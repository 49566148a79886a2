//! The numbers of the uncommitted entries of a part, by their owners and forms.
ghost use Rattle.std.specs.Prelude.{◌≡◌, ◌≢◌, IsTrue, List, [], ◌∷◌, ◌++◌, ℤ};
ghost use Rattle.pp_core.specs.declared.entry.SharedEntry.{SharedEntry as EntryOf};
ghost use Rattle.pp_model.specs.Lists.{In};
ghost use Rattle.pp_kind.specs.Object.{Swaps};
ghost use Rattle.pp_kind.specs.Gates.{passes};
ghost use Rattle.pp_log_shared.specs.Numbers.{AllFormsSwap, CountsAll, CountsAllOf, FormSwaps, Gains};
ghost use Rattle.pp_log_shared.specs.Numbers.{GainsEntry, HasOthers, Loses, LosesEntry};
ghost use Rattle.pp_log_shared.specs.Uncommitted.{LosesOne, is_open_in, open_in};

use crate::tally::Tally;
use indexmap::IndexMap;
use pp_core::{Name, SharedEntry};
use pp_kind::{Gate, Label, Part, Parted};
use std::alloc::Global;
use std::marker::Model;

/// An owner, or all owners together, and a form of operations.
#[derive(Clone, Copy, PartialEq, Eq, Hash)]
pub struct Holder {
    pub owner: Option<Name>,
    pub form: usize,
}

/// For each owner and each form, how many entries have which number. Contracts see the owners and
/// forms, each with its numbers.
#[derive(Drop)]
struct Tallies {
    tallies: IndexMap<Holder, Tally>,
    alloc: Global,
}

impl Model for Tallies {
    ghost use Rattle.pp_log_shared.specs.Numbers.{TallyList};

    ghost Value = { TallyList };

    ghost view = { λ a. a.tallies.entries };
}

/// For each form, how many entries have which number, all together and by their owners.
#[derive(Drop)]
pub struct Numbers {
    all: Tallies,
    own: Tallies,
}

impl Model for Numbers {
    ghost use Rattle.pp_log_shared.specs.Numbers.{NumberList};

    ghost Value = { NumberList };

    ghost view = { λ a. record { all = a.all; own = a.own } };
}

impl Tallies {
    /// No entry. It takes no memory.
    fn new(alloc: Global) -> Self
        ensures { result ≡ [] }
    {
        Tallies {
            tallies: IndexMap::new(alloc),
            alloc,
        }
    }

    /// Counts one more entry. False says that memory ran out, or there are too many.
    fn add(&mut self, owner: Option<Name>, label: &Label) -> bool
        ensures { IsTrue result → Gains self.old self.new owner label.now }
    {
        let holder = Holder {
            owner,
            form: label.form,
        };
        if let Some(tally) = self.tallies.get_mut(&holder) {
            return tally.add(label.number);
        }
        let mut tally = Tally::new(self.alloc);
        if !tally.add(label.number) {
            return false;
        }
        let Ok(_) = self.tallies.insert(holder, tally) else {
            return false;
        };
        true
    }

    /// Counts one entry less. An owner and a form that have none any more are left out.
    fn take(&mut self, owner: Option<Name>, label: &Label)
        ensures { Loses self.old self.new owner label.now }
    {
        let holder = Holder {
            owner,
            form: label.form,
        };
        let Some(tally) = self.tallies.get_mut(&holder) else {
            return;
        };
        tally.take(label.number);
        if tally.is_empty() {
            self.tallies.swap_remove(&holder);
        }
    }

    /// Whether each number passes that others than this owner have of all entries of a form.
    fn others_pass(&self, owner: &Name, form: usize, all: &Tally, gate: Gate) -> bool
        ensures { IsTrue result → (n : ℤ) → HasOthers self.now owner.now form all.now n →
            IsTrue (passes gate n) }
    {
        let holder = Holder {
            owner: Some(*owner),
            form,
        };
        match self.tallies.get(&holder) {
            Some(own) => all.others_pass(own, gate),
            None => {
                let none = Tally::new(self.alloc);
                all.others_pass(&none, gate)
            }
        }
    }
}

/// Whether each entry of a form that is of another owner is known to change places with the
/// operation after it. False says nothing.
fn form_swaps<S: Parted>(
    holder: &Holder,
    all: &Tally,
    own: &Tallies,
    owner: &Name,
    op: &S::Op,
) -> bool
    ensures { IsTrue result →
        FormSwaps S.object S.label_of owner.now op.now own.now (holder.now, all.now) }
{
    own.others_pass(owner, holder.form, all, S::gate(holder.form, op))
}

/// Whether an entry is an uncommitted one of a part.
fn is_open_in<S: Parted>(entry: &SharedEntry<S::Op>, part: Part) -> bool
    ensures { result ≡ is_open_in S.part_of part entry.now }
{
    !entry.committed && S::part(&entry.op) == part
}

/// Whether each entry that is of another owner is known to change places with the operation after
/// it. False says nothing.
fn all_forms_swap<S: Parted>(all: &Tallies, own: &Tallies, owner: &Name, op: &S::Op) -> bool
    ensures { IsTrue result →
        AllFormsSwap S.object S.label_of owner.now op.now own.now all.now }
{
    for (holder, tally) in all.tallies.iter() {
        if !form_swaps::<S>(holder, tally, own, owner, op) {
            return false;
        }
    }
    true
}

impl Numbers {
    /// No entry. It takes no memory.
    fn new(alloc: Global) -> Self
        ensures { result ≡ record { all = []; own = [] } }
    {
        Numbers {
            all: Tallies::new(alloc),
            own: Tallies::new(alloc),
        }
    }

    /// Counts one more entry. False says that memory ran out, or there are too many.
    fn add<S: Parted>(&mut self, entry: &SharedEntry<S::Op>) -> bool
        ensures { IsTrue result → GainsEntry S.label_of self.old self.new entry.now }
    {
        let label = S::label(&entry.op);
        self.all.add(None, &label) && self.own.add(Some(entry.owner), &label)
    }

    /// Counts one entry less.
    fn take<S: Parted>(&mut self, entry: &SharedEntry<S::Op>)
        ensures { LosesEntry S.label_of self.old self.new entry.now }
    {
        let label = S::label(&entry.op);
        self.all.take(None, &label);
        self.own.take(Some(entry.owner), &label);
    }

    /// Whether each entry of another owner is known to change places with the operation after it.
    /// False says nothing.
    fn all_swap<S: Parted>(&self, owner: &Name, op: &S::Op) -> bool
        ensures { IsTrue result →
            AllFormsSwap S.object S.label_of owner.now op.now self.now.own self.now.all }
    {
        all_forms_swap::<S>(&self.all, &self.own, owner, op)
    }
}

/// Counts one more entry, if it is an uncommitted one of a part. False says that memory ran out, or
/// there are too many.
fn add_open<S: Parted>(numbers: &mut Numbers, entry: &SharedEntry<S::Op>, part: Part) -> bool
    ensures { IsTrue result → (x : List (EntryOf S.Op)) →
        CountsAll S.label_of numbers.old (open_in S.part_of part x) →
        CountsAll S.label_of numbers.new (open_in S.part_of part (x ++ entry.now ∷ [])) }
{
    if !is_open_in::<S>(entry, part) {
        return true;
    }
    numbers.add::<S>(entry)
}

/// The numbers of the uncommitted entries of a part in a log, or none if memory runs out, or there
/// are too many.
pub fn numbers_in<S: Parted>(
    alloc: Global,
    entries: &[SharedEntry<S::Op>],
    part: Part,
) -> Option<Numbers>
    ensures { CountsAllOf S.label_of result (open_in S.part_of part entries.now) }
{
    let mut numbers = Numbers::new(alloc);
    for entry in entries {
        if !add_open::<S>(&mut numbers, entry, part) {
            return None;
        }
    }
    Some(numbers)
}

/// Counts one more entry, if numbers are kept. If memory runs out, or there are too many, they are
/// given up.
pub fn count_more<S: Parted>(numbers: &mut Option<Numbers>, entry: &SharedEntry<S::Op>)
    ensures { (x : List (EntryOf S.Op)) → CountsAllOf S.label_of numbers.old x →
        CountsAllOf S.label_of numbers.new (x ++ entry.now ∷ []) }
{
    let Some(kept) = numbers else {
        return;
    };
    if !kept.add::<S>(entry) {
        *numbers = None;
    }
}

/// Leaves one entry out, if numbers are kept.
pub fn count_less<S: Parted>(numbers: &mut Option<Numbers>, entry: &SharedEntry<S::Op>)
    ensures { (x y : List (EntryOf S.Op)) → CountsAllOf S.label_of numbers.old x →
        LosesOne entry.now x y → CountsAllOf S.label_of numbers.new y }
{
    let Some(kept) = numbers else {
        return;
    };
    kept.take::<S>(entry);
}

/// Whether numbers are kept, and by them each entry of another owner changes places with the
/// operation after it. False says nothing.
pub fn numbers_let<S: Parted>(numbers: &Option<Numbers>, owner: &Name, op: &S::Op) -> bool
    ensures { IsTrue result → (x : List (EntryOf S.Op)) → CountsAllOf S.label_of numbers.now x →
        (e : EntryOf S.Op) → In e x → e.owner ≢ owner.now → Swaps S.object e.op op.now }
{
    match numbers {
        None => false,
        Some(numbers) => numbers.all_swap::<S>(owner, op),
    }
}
═══
== TASK DESCRIPTION ==
What is the number of lines in the material above that include the string "runs"? Give only that number.

== OUTPUT ==
2